Digestion and Absorption of Fats
- Triglycerides and phospholipids are broken down by lipase into fatty acids and glycerol.
- Bile salts help form micelles.
- Micelles are absorbed across the cell membrane and then form chylomicrons.
- Chylomicrons are secreted into the basolateral space and carried in the lacteals.
Vitamins and Minerals
- Iron:
- Haem-iron (from animal sources) is easily absorbed.
- Non-haem iron (from plant sources) is converted from ferric Fe3+ to ferrous Fe2+ for better absorption.
- HCl and Vitamin C promote this conversion.
- Absorbed in the duodenum.
- Vitamin B12:
- Binds to intrinsic factor (from parietal cells).

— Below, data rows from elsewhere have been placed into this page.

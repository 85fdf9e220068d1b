use crate::row::Row;
use plain_values::{List, Refusal};
use std::collections::HashMap;

/// What is remembered of an item: the first refusal from it on, the number of the row of the types that it names, and in fewer
/// than how many steps each way on from it ends, or 0 where that is not known.
#[derive(Clone, Copy)]
pub(crate) struct Reached {
    pub(crate) first: Option<Refusal>,
    pub(crate) row: u32,
    pub(crate) depth: u32,
}

/// What is remembered of items, by the numbers of their packages and places: what they reach, and whether that was looked for.
#[derive(Drop)]
pub(crate) struct Memory {
    pub(crate) rows: List<Row>,
    pub(crate) items: HashMap<(u32, u32), Reached>,
    pub(crate) tried: HashMap<(u32, u32), bool>,
}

- Absorbed in the terminal ileum.
- Sources: Meat, eggs, milk.
- Folic acid:
- Absorbed in the jejunum.
- Sources: Green leafy vegetables.
- Vitamins A, D, E, K:
- Fat-soluble vitamins.
- Require adequate bile acid secretion.
Large Intestine/Colon
- Major function: Reabsorption of water and electrolytes
- Undigested, unabsorbed material turns into faeces
- Contains up to 500 species of bacteria
Large Intestine/Colon
- Elimination of faeces:
- Movement of faecal material into the rectum signals parasympathetic neurons in the spinal cord.
- Defecation reflex:
- Rectum contracts.
- Internal sphincter relaxes.
- Brainstem and thalamus send signals to relax the external sphincter at a convenient time.